- Steam cover art
- Developer: Finji
- Publisher: Finji
- Engine: Unity
- Platforms: iOS, Linux, macOS, Nintendo Switch, PlayStation 4, Windows, Xbox One, PlayStation 5
- Release: WW: September 19, 2019; PAL: September 30, 2019 (PS4); PlayStation 5WW: December 13, 2022;
- Genre: Strategy
- Mode: Single-player

= Overland (video game) =

Overland is a turn-based tactics video game developed and published by Finji. It was released in September 2019 for iOS and macOS through Apple Arcade, Linux, Nintendo Switch, PlayStation 4, Windows, and Xbox One, and in December 2022 for PlayStation 5.

== Gameplay ==

The player navigates a survivor, a dog, and their car, through turn-based tactical scenarios in a post-apocalyptic world.
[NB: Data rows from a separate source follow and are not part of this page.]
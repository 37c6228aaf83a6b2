//! What restrictions are held against.

ghost use Rattle.std.specs.Prelude.{◌≡◌, false};

/// An architecture, and the build profiles that are active.
pub trait Host {
    ghost use Rattle.std.specs.Prelude.{ℕ, List, Bool};

    ghost is_arch: { Self → List ℕ → Bool };

    ghost is_active: { Self → List ℕ → Bool };

    /// Tells whether a name is the architecture's.
    fn matches(&self, name: &[u8]) -> bool
        ensures { result ≡ is_arch self.now name.now };

    /// Tells whether a profile is active.
    fn has_profile(&self, profile: &[u8]) -> bool
        ensures { result ≡ is_active self.now profile.now };
}

/// A host for restrictions that are judged alone, whatever they say of it.
#[derive(Drop)]
pub struct NoHost;

impl Host for NoHost {
    ghost is_arch = { λ _ _. false };

    ghost is_active = { λ _ _. false };

    fn matches(&self, _name: &[u8]) -> bool {
        false
    }

    fn has_profile(&self, _profile: &[u8]) -> bool {
        false
    }
}
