//! Whether the restrictions of an alternative hold for a host, which is told as they are judged: no
//! list of them is made.

ghost use Rattle.std.specs.Prelude.{◌≡◌};
ghost use Rattle.std.specs.List.{list_any};
ghost use Rattle.deb_text.specs.Common.{Gives, is_blank, behind, traverse, words};
ghost use Rattle.deb_relation.specs.Field.{limits_at};
ghost use Rattle.deb_relation.specs.Holding.{archs_part, item_holds, limits_hold, list_holds, names_hold, profiles_hold, told};
ghost use Rattle.deb_relation.specs.Restrictions.{arch_at, arch_list_of, archs_in, archs_at, item_at, items_in, list_in, lists_at, profiles_at};
ghost use Rattle.deb_relation.specs.View.{refusal_of};

use crate::error::{
    BAD_ARCHITECTURES, BAD_NAME, BAD_PROFILES, NOT_CLOSED, RESTRICTION, RelationError,
};
use crate::host::Host;
use crate::kind::Kind;
use crate::lists::{arch_name, check_end, profile_name};
use deb_text::{Class, cut_at_first, next_word, skip_front};

/// Judges the restrictions of an alternative, to its end, and tells whether they hold. The call
/// takes no memory.
///
/// # Errors
///
/// Those of [`read_archs`](crate::lists::read_archs), then those of
/// [`read_profiles`](crate::lists::read_profiles).
pub fn judge_restrictions<H: Host>(host: &H, kind: Kind, text: &[u8]) -> Result<bool, RelationError>
    ensures { Gives refusal_of (λ hold. hold) result
        (told (limits_hold (H.is_arch host.now) (H.is_active host.now)) (limits_at kind text.now)) }
{
    // most alternatives have none
    if text.is_empty() {
        return Ok(true);
    }
    let (archs_hold, rest) = judge_archs(host, kind, text)?;
    let profiles_hold = judge_profiles(host, kind, rest)?;
    Ok(archs_hold && profiles_hold)
}

/// Judges the names of a list of architectures, and tells whether one of them is the host's.
fn some_matches<H: Host>(host: &H, negated: bool, text: &[u8]) -> Result<bool, RelationError>
    ensures { Gives refusal_of (λ some. some) result
        (told (list_any (H.is_arch host.now)) (traverse (arch_at negated) (words text.now))) }
{
    let mut some = false;
    let mut rest = text;
    while let Some((word, after)) = next_word(rest) {
        let matches = host.matches(arch_name(negated, word)?);
        some = some || matches;
        rest = after;
    }
    Ok(some)
}

fn judge_arch_list<H: Host>(host: &H, text: &[u8]) -> Result<bool, RelationError>
    ensures { Gives refusal_of (λ holds. holds) result
        (told (names_hold (H.is_arch host.now)) (arch_list_of (words text.now))) }
{
    let Some((first, _)) = next_word(text) else {
        return Err(RelationError {
            code: BAD_ARCHITECTURES,
        });
    };
    let negated = matches!(first, [b'!', ..]);
    Ok(negated != some_matches(host, negated, text)?)
}

fn judge_archs_in<'a, H: Host>(host: &H, text: &'a [u8]) -> Result<(bool, &'a [u8]), RelationError>
    ensures { Gives refusal_of (λ part. (part.0, part.1.now)) result
        (told (archs_part (H.is_arch host.now)) (archs_in text.now)) }
{
    let Some((inside, rest)) = cut_at_first(b']', text) else {
        return Err(RelationError { code: NOT_CLOSED });
    };
    Ok((judge_arch_list(host, inside)?, rest))
}

#[tactic(auto, unfolding(crate::specs::Restrictions::archs_at))]
fn judge_archs<'a, H: Host>(
    host: &H,
    kind: Kind,
    text: &'a [u8],
) -> Result<(bool, &'a [u8]), RelationError>
    ensures { Gives refusal_of (λ part. (part.0, part.1.now)) result
        (told (archs_part (H.is_arch host.now)) (archs_at kind text.now)) }
{
    match text {
        [b'[', rest @ ..] => {
            if !kind.has_restrictions() {
                return Err(RelationError { code: RESTRICTION });
            }
            judge_archs_in(host, rest)
        }
        _ => Ok((true, text)),
    }
}

fn item_holds<H: Host>(host: &H, profile: &[u8], negated: bool) -> bool
    ensures { result ≡ item_holds (H.is_active host.now)
        (record { word = profile.now; negated = negated }) }
{
    negated != host.has_profile(profile)
}

/// Judges the items of a profile list, and tells whether each of them holds.
fn all_hold<H: Host>(host: &H, text: &[u8]) -> Result<bool, RelationError>
    ensures { Gives refusal_of (λ all. all) result
        (told (list_holds (H.is_active host.now)) (traverse item_at (words text.now))) }
{
    let mut all = true;
    let mut rest = text;
    while let Some((word, after)) = next_word(rest) {
        let (profile, negated) = profile_name(word)?;
        let holds = item_holds(host, profile, negated);
        all = all && holds;
        rest = after;
    }
    Ok(all)
}

#[tactic(auto, unfolding(crate::specs::Restrictions::items_in))]
fn judge_items<H: Host>(host: &H, text: &[u8]) -> Result<bool, RelationError>
    ensures { Gives refusal_of (λ holds. holds) result
        (told (list_holds (H.is_active host.now)) (items_in text.now)) }
{
    if next_word(text).is_none() {
        return Err(RelationError { code: BAD_PROFILES });
    }
    all_hold(host, text)
}

fn judge_list<H: Host>(host: &H, text: &[u8]) -> Result<bool, RelationError>
    ensures { Gives refusal_of (λ holds. holds) result
        (told (list_holds (H.is_active host.now)) (list_in (behind is_blank text.now))) }
{
    match skip_front(Class::Blank, text) {
        [b'<', items @ ..] => judge_items(host, items),
        _ => Err(RelationError { code: BAD_NAME }),
    }
}

fn judge_lists<H: Host>(host: &H, text: &[u8]) -> Result<bool, RelationError>
    ensures { Gives refusal_of (λ hold. hold) result
        (told (profiles_hold (H.is_active host.now)) (lists_at text.now)) }
{
    let mut none = true;
    let mut some = false;
    let mut rest = text;
    while let Some((list, after)) = cut_at_first(b'>', rest) {
        let holds = judge_list(host, list)?;
        some = some || holds;
        none = false;
        rest = after;
    }
    check_end(rest)?;
    Ok(some || none)
}

#[tactic(auto, unfolding(crate::specs::Restrictions::profiles_at))]
fn judge_profiles<H: Host>(host: &H, kind: Kind, text: &[u8]) -> Result<bool, RelationError>
    ensures { Gives refusal_of (λ hold. hold) result
        (told (profiles_hold (H.is_active host.now)) (profiles_at kind text.now)) }
{
    if !kind.has_restrictions() && matches!(skip_front(Class::Blank, text), [b'<', ..]) {
        return Err(RelationError { code: RESTRICTION });
    }
    judge_lists(host, text)
}
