//! Which package satisfies an alternative.

ghost use Rattle.std.specs.Prelude.{◌≡◌};
ghost use Rattle.std.specs.List.{list_any};
ghost use Rattle.deb_relation.specs.Satisfaction.{admits, in_relation, is_its_own, provides_in, provides_it, is_provided, package_satisfies};
ghost use Rattle.deb_relation.specs.View.{facts_of};

use crate::atom::Atom;
use crate::operator::Op;
use crate::relations::{Entry, Relations};
use deb_version::{Version, VersionRef};
use std::cmp::Ordering;

/// What is known of one package.
#[derive(Clone, Copy)]
pub struct Facts<'a> {
    pub name: &'a [u8],
    pub version: &'a Version,
    pub provides: &'a Relations,
}

/// Tells whether a package satisfies an alternative (Debian Policy 7.1 and 7.5).
///
/// An alternative with a qualifier is satisfied by none. A Provides entry with one provides
/// nothing, and one without a version satisfies no relation. The call
/// takes no memory.
pub fn satisfies(facts: &Facts, atom: &Atom) -> bool
    ensures { result ≡ package_satisfies (facts_of facts.now) atom.now }
{
    atom.qualifier().is_none() && (is_its_own(facts, atom) || is_provided(facts.provides, atom))
}

/// Tells whether a version stands in a relation (Debian Policy 7.1). In none, each does.
pub fn in_relation(relation: Option<(Op, VersionRef)>, version: &VersionRef) -> bool
    ensures { result ≡ in_relation relation.entry version.now }
{
    match relation {
        Some((op, bound)) => admits(op, version.compare(&bound)),
        None => true,
    }
}

fn is_its_own(facts: &Facts, atom: &Atom) -> bool
    ensures { result ≡ is_its_own (facts_of facts.now) atom.now }
{
    facts.name == atom.name() && in_relation(atom.relation(), &facts.version.view())
}

fn is_provided(provides: &Relations, atom: &Atom) -> bool
    ensures { result ≡ is_provided provides.now atom.now }
{
    provides
        .entries()
        .iter()
        .any(|entry| entry_provides(entry, atom))
}

fn entry_provides(entry: &Entry, atom: &Atom) -> bool
    ensures { result ≡ list_any (provides_it atom.now) entry.now }
{
    entry
        .alternatives()
        .iter()
        .any(|provided| provides_it(atom, provided))
}

/// Tells whether one item of a Provides field provides an alternative, whatever qualifier that has
/// (Debian Policy 7.5). The call takes no memory.
pub fn provides_it(atom: &Atom, provided: &Atom) -> bool
    ensures { result ≡ provides_it atom.now provided.now }
{
    provided.qualifier().is_none()
        && provided.name() == atom.name()
        && provides_in(atom.relation(), provided.relation())
}

fn provides_in(wanted: Option<(Op, VersionRef)>, provided: Option<(Op, VersionRef)>) -> bool
    ensures { result ≡ provides_in wanted.entry provided.entry }
{
    match provided {
        Some((_, version)) => in_relation(wanted, &version),
        None => wanted.is_none(),
    }
}

/// Tells whether an operator admits a version that stands so to the one in the relation.
fn admits(op: Op, order: Ordering) -> bool
    ensures { result ≡ admits op order }
{
    match op {
        Op::Earlier => order.is_lt(),
        Op::EarlierOrEqual => order.is_le(),
        Op::Equal => order.is_eq(),
        Op::LaterOrEqual => order.is_ge(),
        Op::Later => order.is_gt(),
    }
}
The objective of the game is to reach California on an across the country road trip. There are currently 7 biomes: the East Coast, the Woodlands, the Grasslands, the Mountains, the Desert, the Basin, and the Reef.

== Development ==

Inspirations for the game include X-COM, The Banner Saga, and Dead of Winter: A Cross Roads Game.
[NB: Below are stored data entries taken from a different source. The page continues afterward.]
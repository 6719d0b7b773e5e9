//! Whole runs: a machine goes on step by step, and each line goes to a sink as it is printed.
#![tactic(auto)]

mod ending;
mod lines;
mod listing;
mod putting;
mod running;
mod showing;
mod telling;

pub use ending::{Ending, Show};
pub use lines::line_bytes;
pub use listing::origins_in;
pub use running::run;
pub use showing::shown_text;
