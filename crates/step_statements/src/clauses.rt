//! The clauses of a `switch`.

ghost use Rattle.std.specs.Prelude.{◌≡◌, ℕ, Bool, List, Ok, drop, IfNone, IfOk, IfSome};
ghost use Rattle.origin_labels.specs.Label.{union};
ghost use Rattle.flow_policy.specs.Policies.{Tables};
ghost use Rattle.flow_policy.specs.Inputs.{Given};
ghost use Rattle.js_ast.specs.Functions.{FunctionCode};
ghost use Rattle.js_ast.specs.Views.{view_clauses};
ghost use Rattle.js_ast.specs.declared.operators.BinaryOperator.TheVariants as operator;
ghost use Rattle.js_number.specs.declared.primitive.Primitive.TheVariants as prims;
ghost use Rattle.es_meaning.specs.Environments.{Env};
ghost use Rattle.es_meaning.specs.Operators.{binary_of};
ghost use Rattle.es_meaning.specs.BuiltIns.{BuiltIns};
ghost use Rattle.flow_meaning.specs.Scopes.{State, Val, raised_in};
ghost use Rattle.continuations.specs.Pending.{tests_of};
ghost use Rattle.step_statements.specs.Clauses.{by_default, chosen, falling, found_default, found_falls, found_test, testing};

use crate::falling::one_more;
use flow_text::OutOfMemory;
use js_ast::{Clause, Expr, Stmt};

/// A statement of the first of these clauses, and its number there.
#[derive(Clone, Copy)]
pub(crate) struct Found<'p> {
    pub(crate) clauses: &'p [Clause],
    pub(crate) number: u32,
    pub(crate) statement: &'p Stmt,
}

/// The statement that is done first: that of the first clause with a number, or else the first of the clauses behind it.
pub(crate) fn next_statement<'p>(clauses: &'p [Clause], number: u32) -> Option<Found<'p>>
    ensures { (tables : Tables) (inputs : Given) (set : BuiltIns) (functions : List FunctionCode) (e : Env ℕ) (s : State) → found_falls tables inputs set functions result e s ≡ falling tables inputs set functions number clauses.entry.now e s }
{
    let mut left = clauses;
    let mut number = number;
    while let Some((clause, others)) = left.split_first() {
        if let Some(statement) = clause.body.items().get(number as usize) {
            return Some(Found {
                clauses: left,
                number,
                statement,
            });
        }
        left = others;
        number = 0;
    }
    None
}

/// The test of the clause with this number.
#[derive(Clone, Copy)]
pub(crate) struct Test<'p> {
    pub(crate) number: u32,
    pub(crate) test: &'p Expr,
}

/// The first case from a clause on.
pub(crate) fn next_test<'p>(
    clauses: &'p [Clause],
    from: u32,
) -> Result<Option<Test<'p>>, OutOfMemory>
    ensures { IfOk result (λ found. (tables : Tables) (inputs : Given) (set : BuiltIns) (functions : List FunctionCode) (v : Val) (e : Env ℕ) (s : State) → found_test tables inputs set functions clauses.entry.now found v e s ≡ testing tables inputs set functions clauses.entry.now from v e s) }
{
    let mut number = from;
    while let Some(clause) = clauses.get(number as usize) {
        if let Some(test) = &clause.test {
            return Ok(Some(Test { number, test }));
        }
        number = one_more(number)?;
    }
    Ok(None)
}

/// The default clause, and those behind it.
pub(crate) fn default_clause<'p>(clauses: &'p [Clause]) -> Option<&'p [Clause]>
    ensures { (tables : Tables) (inputs : Given) (set : BuiltIns) (functions : List FunctionCode) (e : Env ℕ) (s : State) → found_default tables inputs set functions result e s ≡ by_default tables inputs set functions clauses.entry.now e s }
{
    let mut left = clauses;
    while let Some((clause, others)) = left.split_first() {
        if clause.test.is_none() {
            return Some(left);
        }
        left = others;
    }
    None
}

/// The clauses from a case on. None is there where the number is that of the default clause, or of no clause.
pub(crate) fn case_from<'p>(clauses: &'p [Clause], number: u32) -> Option<&'p [Clause]>
    ensures found { IfSome result (λ left. (tables : Tables) (inputs : Given) (set : BuiltIns) (functions : List FunctionCode) (v u : Val) (equal : Bool) (e : Env ℕ) (s : State) → binary_of operator.StrictEqual v.value u.value ≡ Ok (prims.Bool equal) → chosen tables inputs set functions clauses.entry.now number left.now equal v e (raised_in (union v.label u.label) s) ≡ tests_of tables inputs set functions v (view_clauses clauses.entry.now) (view_clauses (drop number clauses.entry.now)) e u s) }
    ensures none { IfNone result ((tables : Tables) (inputs : Given) (set : BuiltIns) (functions : List FunctionCode) (v u : Val) (e : Env ℕ) (s : State) → testing tables inputs set functions clauses.entry.now number v e s ≡ tests_of tables inputs set functions v (view_clauses clauses.entry.now) (view_clauses (drop number clauses.entry.now)) e u s) }
{
    let Some(clause) = clauses.get(number as usize) else {
        return None;
    };
    if clause.test.is_none() {
        return None;
    }
    Some(&clauses[number as usize..])
}
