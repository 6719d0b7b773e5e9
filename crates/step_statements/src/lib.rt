//! `switch`, statements with a label that are no loop and no `switch`, and `for in` (ECMA-262 12.6.4): the keys that it takes of a value, and which of them it visits.
#![tactic(auto)]

mod clauses;
mod equal;
mod falling;
mod keys;
mod scopes;
mod switching;
mod testing;
mod visits;

pub use keys::take_keys;
pub use switching::{begin_labelled, compared, falls, switched};
pub use visits::next_visit;
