//! What labels mean, as lists.

ghost use Rattle.std.specs.Prelude.{◌≡◌, ◌<◌, IfOk};
ghost use Rattle.std.specs.List.{All};

use flow_text::OutOfMemory;
use origin_labels::{Labels, OriginList};
use std::alloc::Global;

/// The set of origins that a label of the store means, of which all are below a number.
pub fn origins_in<L: Labels>(
    alloc: Global,
    labels: &L,
    label: L::Label,
    origins: u32,
) -> Result<OriginList, OutOfMemory>
    requires made { L.made labels.now label }
    requires declared { All (λ origin. origin < origins) (L.meaning labels.now label) }
    ensures { IfOk result (λ list. list ≡ L.meaning labels.now label) }
{
    let mut list = OriginList::new(alloc);
    for origin in 0..origins {
        if labels.has(label, origin) {
            list.push(origin)?;
        }
    }
    Ok(list)
}
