//! How a run ended, in words that need no store of labels and no heap.

ghost use Rattle.std.specs.Prelude.{◌≡◌, length};
ghost use Rattle.flow_policy.specs.Inputs.{Given};
ghost use Rattle.origin_labels.specs.Label.{Label};
ghost use Rattle.js_values.specs.Readings.{read_heap};
ghost use Rattle.es_meaning.specs.Outcomes.{threw, halted};
ghost use Rattle.es_meaning.specs.Start.{shown};
ghost use Rattle.flow_meaning.specs.Erased.{erased_heap};
ghost use Rattle.flow_meaning.specs.Scopes as meaning;
ghost use Rattle.continuations.specs.Stops.{HasStop};
ghost use Rattle.step_core.specs.declared.steps.Step.TheVariants.{Ends};
ghost use Rattle.step_core.specs.Machines.{IfStopped, ending_of};
ghost use Rattle.native_protocol.specs.declared.request.Answer.{Answer};
ghost use Rattle.native_protocol.specs.declared.request.Request.{Request};
ghost use Rattle.es_meaning.specs.BuiltIns.{BuiltIns};
ghost use Rattle.step_run.specs.Puts.{NeedsDeclared, Tells};

use crate::ending::Ending;
use crate::listing::origins_in;
use crate::showing::shown_text;
use flow_frames::FlowStop;
use flow_policy::Policy;
use flow_text::OutOfMemory;
use js_values::Value;
use object_heap::Heap;
use origin_labels::Labels;
use std::alloc::Global;
use step_core::Machine;

/// How a run ended.
pub(crate) fn told<'p, L: Labels, S>(
    alloc: Global,
    labels: &L,
    policy: &Policy,
    machine: &Machine<'p, L::Label, S>,
    ending: step_core::Ending<L::Label>,
) -> Ending
    requires stop { IfStopped (HasStop (L.made labels.now)) (Ends ending) }
    requires declared { IfStopped (NeedsDeclared (L.meaning labels.now) (length policy.now.origins)) (Ends ending) }
    ensures { (set : BuiltIns) (tells : S → Answer → S) (asks : S → Request) → Tells (ending_of set tells asks (L.meaning labels.now) machine.now ending) result }
{
    match ending {
        step_core::Ending::Done => Ending::Done,
        step_core::Ending::Threw(value) => thrown(
            alloc,
            &machine.progress.world.heap,
            &value.value,
        ),
        step_core::Ending::Stopped(stop) => stopped(alloc, labels, policy, stop),
        step_core::Ending::Left(why) => Ending::Left(why),
        step_core::Ending::OutOfTurns => Ending::OutOfTurns,
    }
}

/// What was thrown is shown.
fn thrown<T: Copy>(alloc: Global, heap: &Heap<T>, value: &Value) -> Ending
    ensures { (reading : T → Label) → Tells (threw (shown (erased_heap (read_heap reading heap.now)) value.now)) result }
{
    match shown_text(alloc, heap, value) {
        Ok(shown) => Ending::Threw { shown },
        Err(OutOfMemory) => Ending::OutOfMemory,
    }
}

/// A stop, with what the rule needed and what it had.
fn stopped<L: Labels>(
    alloc: Global,
    labels: &L,
    policy: &Policy,
    stop: FlowStop<L::Label>,
) -> Ending
    requires made { HasStop (L.made labels.now) stop }
    requires declared { NeedsDeclared (L.meaning labels.now) (length policy.now.origins) stop }
    ensures { Tells (halted (meaning.stopped stop.rule (L.meaning labels.now stop.need) (L.meaning labels.now stop.have))) result }
{
    let origins = policy.origins().len();
    let Ok(need) = origins_in(alloc, labels, stop.need, origins) else {
        return Ending::OutOfMemory;
    };
    let Ok(have) = origins_in(alloc, labels, stop.have, origins) else {
        return Ending::OutOfMemory;
    };
    Ending::Stopped {
        rule: stop.rule,
        need,
        have,
    }
}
Overland was released on September 19, 2019, for Nintendo Switch, PlayStation 4, Windows, and Xbox One platforms. Early version of the game were available through Itch.io. The game was also released on iOS and macOS through Apple Arcade as a launch title on the same day.

== Reception ==

Upon release, Overland received mixed reviews by users and critics.

Aggregate scores
| Aggregator | Score |
|---|---|
| Metacritic | NS: 75/100 PC: 69/100 |
| OpenCritic | 71/100 40% Critics Recommend |

Review scores
| Publication | Score |
|---|---|
| Edge | 5/10 |
| GameSpot | 8/10 |
| IGN | 7.5/10 |
| Nintendo Life | 6/10 |
| Nintendo World Report | 6/10 |
| PC Gamer (US) | 62/100 |
| TouchArcade | 2.5/5 |

=== Accolades ===
Overland won the award for "Best Art Design" at Intel Level Up 2016. The game was nominated for the Matthew Crump Cultural Innovation Award at the SXSW Gaming Awards.